✍️ Tutorial: Data from NDA

Last updated: Jun 12, 2025

Database: National Data Archive at the United States National Institute of Health
Helpdesk Contact: ndahelp@mail.nih.gov

DARs

1) Have an eRA Profile

Make sure you have an eRA account. If you don’t have one, email the RBHS signing official, Gregory Werhner (gw266@research.rutgers.edu) to have one created for you
Ask your PI what institution they’re assigned to as a PI in NDA. Then put in your employment, making sure to select the same institution as they have.
1. For example, there are 2 versions of RBHS. “Rutgers Biomedical and Health Sciences”, and “Rutgers Biomedical/Health Sciences - RBHS”. There’s also “Rutgers, the State University of NJ” and others. Make sure to select the one that matches your PI
Change your contact email to your Rutgers email

2) Get Access to NDA

Create an NDA account (nda tutorial): Go to the NDA website: https://nda.nih.gov/. To create an account, click the “log in” button in the top right which will prompt a few “create account” options. Make sure to link to your eRA or login.gov which is listed with your institutional email
After/if you already have an account, go to “Profile” and make sure your institutional affiliation is the same as listed on your eRA account / your PI’s institutional affiliation.
1. If it’s not, email the helpdesk ndahelp@mail.nih.gov and ask it to be changed
  NOTE: It takes 48 hours for eRA institution changes to populate to NDA, so if you’ve just changed your eRA, wait to see if it populates to NDA.

3) Create a Data Access Request (DAR)

3.1) Request Access under a new Data Access Request (DAR) for an NDA dataset(s) you wish to use

If your PI doesn’t already have a DAR for the dataset you wish to use, you must request permissions. Additionally, if you wish to add or remove people from a DAR, you must submit a new DAR.

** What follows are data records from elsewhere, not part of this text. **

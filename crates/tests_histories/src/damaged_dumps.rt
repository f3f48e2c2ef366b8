//! Dumps that are cut, changed or put together otherwise: which fault is found, and where, or that
//! the history is the same.
use crate::dumps::{
    FIRST, FRAME_1, REQUEST, SECOND, WHOLE, dump_of_four, dump_with, four_pages, put, read,
};
use crate::rows::row_holds;
use std::alloc::Global;
use std::fmt;
use std::process::Abort;
use test_kit::are_equal;
use warm_dump::{DumpError, DumpFault};
use warm_frames::{DIGEST_SIZE, FrameFault};
use warm_history::History;

// Whether bytes are refused with this fault, whose place is this number of bytes.
fn is_refused(alloc: Global, text: &[u8], at: usize, fault: DumpFault) -> bool {
    let at = at as u64;
    read(alloc, text).err() == Some(DumpError { at, fault })
}

// Where the frame begins in which the dump of the four pages has this place.
fn frame_at(place: usize) -> usize {
    if place < FIRST {
        return 0;
    }
    if place < SECOND { FIRST } else { SECOND }
}

#[test]
fn nothing_is_cut_short(rt: HostRuntime) {
    assert!(rt; is_refused(rt.alloc(), &[], 0, DumpFault::CutShort));
}

#[test]
fn each_beginning_is_cut_short(rt: HostRuntime) {
    let text = dump_of_four(&rt, rt.alloc());
    for len in 0..WHOLE {
        let (begin, _) = text.split_at(len.min(text.len()));
        let is_cut = is_refused(rt.alloc(), begin, frame_at(len), DumpFault::CutShort);
        row_holds(&rt, len, is_cut);
    }
}

// The header of the digests ends here.
const HEADERS: usize = SECOND + 19;

// Ends the test if its test case of this value at this place does not hold: the only place where
// both are formatted, which is expensive to prove.
fn change_holds(rt: &impl Abort, place: usize, value: u8, is_so: bool) {
    assert!(rt; is_so, "{place} {value}");
}

// Whether a value of the byte at a place, if it changes the byte, gives the history. None gives
// another.
fn is_accepted(
    rt: &impl Abort,
    alloc: Global,
    text: &mut Vec<u8>,
    place: usize,
    value: u8,
    history: &History,
) -> bool {
    let Some(byte) = text.get_mut(place) else {
        return false;
    };
    let own = *byte;
    *byte = value;
    let read = read(alloc, text);
    if let Some(byte) = text.get_mut(place) {
        *byte = own;
    }
    let Ok(read) = read else {
        return false;
    };
    change_holds(rt, place, value, are_equal(&read, history));
    value != own
}

// Each byte of the headers and of the entries is changed to each other value. Of a frame the sender
// alone may be another, of 63.
#[test]
fn no_changed_byte_gives_another_history(rt: HostRuntime) {
    let history = four_pages(&rt, rt.alloc());
    let mut text = dump_of_four(&rt, rt.alloc());
    let mut count = 0u64;
    for place in 0..HEADERS {
        for value in 0..=255u8 {
            let more = is_accepted(&rt, rt.alloc(), &mut text, place, value, &history);
            count = count.wrapping_add(u64::from(more));
        }
    }
    assert!(rt; count == 189);
}

// How many values of the byte at a place are refused since the digests are not those of the
// entries.
fn refused_at(alloc: Global, text: &mut Vec<u8>, place: usize) -> u64 {
    let own = text.get(place).copied().unwrap_or(0);
    let mut count = 0u64;
    for value in 0..=255u8 {
        if let Some(byte) = text.get_mut(place) {
            *byte = value;
        }
        let more = is_refused(alloc, text, SECOND, DumpFault::DigestsDiffer);
        count = count.wrapping_add(u64::from(more));
    }
    if let Some(byte) = text.get_mut(place) {
        *byte = own;
    }
    count
}

// Whether each byte of the digests of 16 buckets, from one on, has one value alone that is not
// refused. A test has a minute, and reads a dump 131,072 times for these.
fn each_is_refused(rt: &impl Abort, alloc: Global, bucket: usize) -> bool {
    let mut text = dump_of_four(rt, alloc);
    let first = HEADERS.wrapping_add(bucket.wrapping_mul(DIGEST_SIZE));
    for place in first..first.wrapping_add(16 * DIGEST_SIZE) {
        if refused_at(alloc, &mut text, place) != 255 {
            return false;
        }
    }
    true
}

// Each byte of the digests is changed to each other value, and refused for that.
#[test]
fn changed_digests_of_buckets_0_to_15_are_refused(rt: HostRuntime) {
    assert!(rt; each_is_refused(&rt, rt.alloc(), 0));
}

#[test]
fn changed_digests_of_buckets_16_to_31_are_refused(rt: HostRuntime) {
    assert!(rt; each_is_refused(&rt, rt.alloc(), 16));
}

#[test]
fn changed_digests_of_buckets_32_to_47_are_refused(rt: HostRuntime) {
    assert!(rt; each_is_refused(&rt, rt.alloc(), 32));
}

#[test]
fn changed_digests_of_buckets_48_to_63_are_refused(rt: HostRuntime) {
    assert!(rt; each_is_refused(&rt, rt.alloc(), 48));
}

// A place in the dump of the four pages, the byte that is put there, where the fault is found, and
// the fault.
const FAULTS: [(usize, u8, usize, DumpFault); 14] = [
    (3, 0x33, 0, DumpFault::Frame(FrameFault::BadMagic)),
    (4, 4, 0, DumpFault::Frame(FrameFault::BadKind)),
    (4, 3, 0, DumpFault::Frame(FrameFault::BadLength)),
    (6, 0, 0, DumpFault::Frame(FrameFault::BadSender)),
    (14, 1, FIRST, DumpFault::HorizonsDiffer),
    (20, 4, 0, DumpFault::Frame(FrameFault::BadCount)),
    (33, 3, 0, DumpFault::Frame(FrameFault::BadTag)),
    (41, 6, SECOND, DumpFault::DigestsDiffer),
    (43, 0, 0, DumpFault::Frame(FrameFault::BadStamp)),
    (53, 0, 0, DumpFault::Frame(FrameFault::BadOrder)),
    (110, 1, FIRST, DumpFault::HorizonsDiffer),
    (153, 0, SECOND, DumpFault::Frame(FrameFault::BadMagic)),
    (164, 1, SECOND, DumpFault::HorizonsDiffer),
    (2216, 0, SECOND, DumpFault::DigestsDiffer),
];

#[test]
fn a_changed_byte_has_its_fault(rt: HostRuntime) {
    for (place, value, at, fault) in FAULTS {
        let mut text = dump_of_four(&rt, rt.alloc());
        if let Some(byte) = text.get_mut(place) {
            *byte = value;
        }
        let is_found = is_refused(rt.alloc(), &text, at, fault);
        change_holds(&rt, place, value, is_found);
    }
}

#[test]
fn a_bucket_left_out_is_seen(rt: HostRuntime) {
    let text = dump_with(&rt, rt.alloc(), &[], &[]);
    assert!(rt; is_refused(rt.alloc(), &text, FIRST, DumpFault::DigestsDiffer));
}

#[test]
fn a_request_is_no_part_of_a_dump(rt: HostRuntime) {
    let text = dump_with(&rt, rt.alloc(), &[REQUEST], &[]);
    let fault = DumpFault::Frame(FrameFault::BadKind);
    assert!(rt; is_refused(rt.alloc(), &text, FIRST, fault));
}

#[test]
fn bytes_behind_a_dump_are_refused(rt: HostRuntime) {
    let mut text = dump_of_four(&rt, rt.alloc());
    put(&rt, rt.alloc(), &mut text, &["4c"]);
    assert!(rt; is_refused(rt.alloc(), &text, WHOLE, DumpFault::MoreFollows));
    let mut both = dump_of_four(&rt, rt.alloc());
    let mut second = dump_of_four(&rt, rt.alloc());
    both.append(&mut second).expect(&rt, "memory for two dumps");
    assert!(rt; is_refused(rt.alloc(), &both, WHOLE, DumpFault::MoreFollows));
}

#[test]
fn entries_alone_are_cut_short(rt: HostRuntime) {
    let mut text = Vec::new(rt.alloc());
    put(&rt, rt.alloc(), &mut text, &FRAME_1);
    assert!(rt; is_refused(rt.alloc(), &text, FIRST, DumpFault::CutShort));
}

// The numbers and names of the faults that are a dump's own; a frame's fault keeps its own.
const NAMES: [(DumpFault, u8, &str); 8] = [
    (DumpFault::Frame(FrameFault::Memory), 1, "Memory"),
    (DumpFault::Frame(FrameFault::BadOrder), 10, "BadOrder"),
    (DumpFault::CutShort, 13, "CutShort"),
    (DumpFault::DigestsDiffer, 14, "DigestsDiffer"),
    (DumpFault::HorizonsDiffer, 15, "HorizonsDiffer"),
    (DumpFault::MoreFollows, 16, "MoreFollows"),
    (DumpFault::ReadFault, 17, "ReadFault"),
    (DumpFault::WriteFault, 18, "WriteFault"),
];

#[test]
fn faults_have_numbers_and_names(rt: HostRuntime) {
    for (fault, code, name) in NAMES {
        assert!(rt; fault.code() == code && fault.name() == name);
    }
}

// Whether this is what a fault displays.
fn shows(rt: &impl Abort, alloc: Global, fault: &impl fmt::Display, want: &str) -> bool {
    let text = format!(in alloc; "{fault}").expect(rt, "memory for a text");
    text.as_str() == want
}

// A frame's fault is displayed as the frame shows it, and an error also says where it is.
#[test]
fn faults_are_shown_by_their_names(rt: HostRuntime) {
    for (fault, _, name) in NAMES {
        assert!(rt; shows(&rt, rt.alloc(), &fault, name));
    }
    let error = DumpError {
        at: 54,
        fault: DumpFault::Frame(FrameFault::BadMagic),
    };
    assert!(rt; shows(&rt, rt.alloc(), &error, "BadMagic at byte 54"));
}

First, make sure your PI’s ‘Institutional affiliation’ is the same as yours
Have your PI go to Profile > Data Permissions > scroll down to the collection… > Request Access (PI must start a request to the data collection that holds the dataset you’re interested in)
Read the instructions carefully to fully understand the process and timeline. Make sure you have selected the correct institutional sponsorship, then click ‘Start Request’ to begin your application.
Fill project specific fields— example responses:
1. Name of Project: “Psychiatric connectomes”
  1. Not important, doesn’t have to match anywhere else
2. Research purpose: “Our research is looking at the relationship between biological biomarkers, such as MRI and fMRI, and behavioral markers such as clinical phenotypes and task-behavior. “
Fill in the other two fields— USE THIS LANGUAGE for these questions:
Data access plan: “The data will be stored on a secure server, in a password protected partition on the Rutgers University Amarel computing cluster. The folder will only be accessible by those listed in this DUA.”
Plan for deletion: “All data that has been downloaded from this dataset will be deleted from all our local or cloud-based machines when research is completed, or this DUC is expired, whichever comes first.“
Then add everyone who will access the data. On this page, make sure to add all individuals who will access, use, or analyze the data, regardless of their position title, or role in data usage. This includes any IT staff responsible for cleaning or managing the data.
1. If the person has an NDA account: but you don’t see them on the list of “Known affiliated user” you have to ask them to follow steps 1.1.-1.3.
  1. Make sure to select the email associated with your collaborator’s NDA account. Don’t press ‘add new user’ unless your collaborator doesn’t have an NDA account already
For “Signing Official”, select Chrissa Pappannoiu **cp847@ored.rutgers.edu
1. They will log into NDA to sign your eDAR.
2. Email Signing official:
  “Hi Chrissa, I’m a researcher in the Holmes Lab, PI: Avram Holmes, and we’re applying for access to the NDA dataset [Enter dataset name]. The Data Access Request is within NDA for your signature. Thanks so much and please let me know if you have any questions.”
Review the details of your eDAR to ensure everything is correct and click ‘Next’ to proceed.
After reading the Terms and Conditions, check the boxes to certify your agreement, then click ‘Confirm’ to complete the process.
Wait to get granted access (~10 business days)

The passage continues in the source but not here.